§ YOUR GOAL:
The required output is the line with "result ≡ tables.index_count" through the final line of the entries, each one exactly as it stands.

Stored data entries
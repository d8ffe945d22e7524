//! Counts how many of the store's tables a database has.
ghost use Rattle.std.specs.Prelude.{◌≡◌, ◌<◌, ◌≤◌, IfOk, IfSome, IfNone, length, take, true, false};
ghost use Rattle.std.specs.Prelude.{ℕ};
ghost use Rattle.std.specs.Bool.{Decides};
ghost use Rattle.register_sql.specs.Tables as tables;

use crate::table::{are_places, is_line, is_meta, is_posting, is_setup, is_spot, is_term};
use sqlite_schema::schema::{Index, Schema, Table};
use std::alloc::{AllocError, Global};

/// Whether it is the index that SQLite makes for a UNIQUE or a PRIMARY KEY, over these columns.
fn is_index(index: &Index, name: &str, tree: u32, table: u32, places: &[usize]) -> bool
    ensures { Decides result (index.now ≡ tables.automatic name.now tree table places.now) }
{
    index.name.as_slice() == name.as_bytes()
        && index.tree == tree
        && index.table == table
        && are_places(&index.columns, places)
        && index.order.digits == 0
        && index.is_unique
}

/// Whether it is the index of `meta`.
fn is_meta_index(index: &Index) -> bool
    ensures { Decides result (index.now ≡ tables.meta_index) }
{
    is_index(index, "sqlite_autoindex_meta_1", 1, 0, &[1])
}

/// Whether it is the index of `posting`.
fn is_posting_index(index: &Index) -> bool
    ensures { Decides result (index.now ≡ tables.posting_index) }
{
    is_index(index, "sqlite_autoindex_posting_1", 4, 3, &[2, 3])
}

/// Whether it is the index of `spot`.
fn is_spot_index(index: &Index) -> bool
    ensures { Decides result (index.now ≡ tables.spot_index) }
{
    is_index(index, "sqlite_autoindex_spot_1", 6, 5, &[1, 2])
}

/// Whether it is the index of `line`.
fn is_line_index(index: &Index) -> bool
    ensures { Decides result (index.now ≡ tables.line_index) }
{
    is_index(index, "sqlite_autoindex_line_1", 8, 7, &[1, 2])
}

/// Whether it is the index of `term`.
fn is_term_index(index: &Index) -> bool
    ensures { Decides result (index.now ≡ tables.term_index) }
{
    is_index(index, "sqlite_autoindex_term_1", 10, 9, &[1])
}

/// Whether it is the store's table of this number, from 0 in the order of creation.
fn is_table(alloc: Global, table: &Table, number: usize) -> Result<bool, AllocError>
    requires { number < 6 }
    ensures { IfOk result (λ same. Decides same (table.now ≡ tables.table_at number)) }
{
    match number {
        0 => is_meta(alloc, table),
        1 => is_setup(alloc, table),
        2 => is_posting(alloc, table),
        3 => is_spot(alloc, table),
        4 => is_line(alloc, table),
        _ => is_term(alloc, table),
    }
}

/// Whether these are the first of the store's tables, in the order of creation.
fn are_tables(alloc: Global, all: &[Table]) -> Result<bool, AllocError>
    requires { length all.now ≤ 6 }
    ensures { IfOk result
        (λ same. Decides same (all.now ≡ take (length all.now) tables.all_tables)) }
{
    'all: for at in 0..all.len() {
        if !is_table(alloc, &all[at], at)? {
            return Ok(false);
        }
    }
    Ok(true)
}

/// Whether it is the store's index of this number, from 0 in the order of creation.
fn is_index_at(index: &Index, number: usize) -> bool
    requires { number < 5 }
    ensures { Decides result (index.now ≡ tables.index_at number) }
{
    match number {
        0 => is_meta_index(index),
        1 => is_posting_index(index),
        2 => is_spot_index(index),
        3 => is_line_index(index),
        _ => is_term_index(index),
    }
}

/// Whether these are the first of the store's indexes, in the order of creation.
fn are_indexes(all: &[Index]) -> bool
    requires { length all.now ≤ 5 }
    ensures { Decides result (all.now ≡ take (length all.now) tables.all_indexes) }
{
    'all: for at in 0..all.len() {
        if !is_index_at(&all[at], at) {
            return false;
        }
    }
    true
}

/// The number of indexes that the first `made` tables have: `setup` has none.
fn index_count(made: usize) -> usize
    ensures { result ≡ tables.index_count made }
{
    if made < 2 { made } else { made - 1 }
}

/// Whether the schema is exactly that of the first `made` tables.
fn is_prefix(alloc: Global, schema: &Schema, made: usize) -> Result<bool, AllocError>
    requires { made ≤ 6 }
    ensures { IfOk result (λ same. Decides same (schema.now ≡ tables.prefix made)) }
{
    Ok(
        schema.views.is_empty()
            && schema.tables.len() == made
            && schema.indexes.len() == index_count(made)
            && are_indexes(schema.indexes.as_slice())
            && are_tables(alloc, schema.tables.as_slice())?,
    )
}

/// Returns how many of the store's tables the schema has, counted in the order of creation. None if
/// it isn't exactly the first of them.
#[tactic(auto, using(crate::proofs::Prefixes::by_count, crate::proofs::Prefixes::few_tables))]
pub(crate) fn tables_made(alloc: Global, schema: &Schema) -> Result<Option<usize>, AllocError>
    ensures made { IfOk result (λ o. IfSome o (λ k. (k ≤ 6) × (schema.now ≡ tables.prefix k))) }
    ensures other { IfOk result (λ o. IfNone o ((k : ℕ) → schema.now ≡ tables.prefix k → ⊥)) }
{
    let made = schema.tables.len();
    if made <= 6 && is_prefix(alloc, schema, made)? {
        Ok(Some(made))
    } else {
        Ok(None)
    }
}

§ RESULT:
    ensures { result ≡ tables.index_count made }
{
    if made < 2 { made } else { made - 1 }
}

/// Whether the schema is exactly that of the first `made` tables.
fn is_prefix(alloc: Global, schema: &Schema, made: usize) -> Result<bool, AllocError>
    requires { made ≤ 6 }
    ensures { IfOk result (λ same. Decides same (schema.now ≡ tables.prefix made)) }
{
    Ok(
        schema.views.is_empty()
            && schema.tables.len() == made
            && schema.indexes.len() == index_count(made)
            && are_indexes(schema.indexes.as_slice())
            && are_tables(alloc, schema.tables.as_slice())?,
    )
}

/// Returns how many of the store's tables the schema has, counted in the order of creation. None if
/// it isn't exactly the first of them.
#[tactic(auto, using(crate::proofs::Prefixes::by_count, crate::proofs::Prefixes::few_tables))]
pub(crate) fn tables_made(alloc: Global, schema: &Schema) -> Result<Option<usize>, AllocError>
    ensures made { IfOk result (λ o. IfSome o (λ k. (k ≤ 6) × (schema.now ≡ tables.prefix k))) }
    ensures other { IfOk result (λ o. IfNone o ((k : ℕ) → schema.now ≡ tables.prefix k → ⊥)) }
{
    let made = schema.tables.len();
    if made <= 6 && is_prefix(alloc, schema, made)? {
        Ok(Some(made))
    } else {
        Ok(None)
    }
}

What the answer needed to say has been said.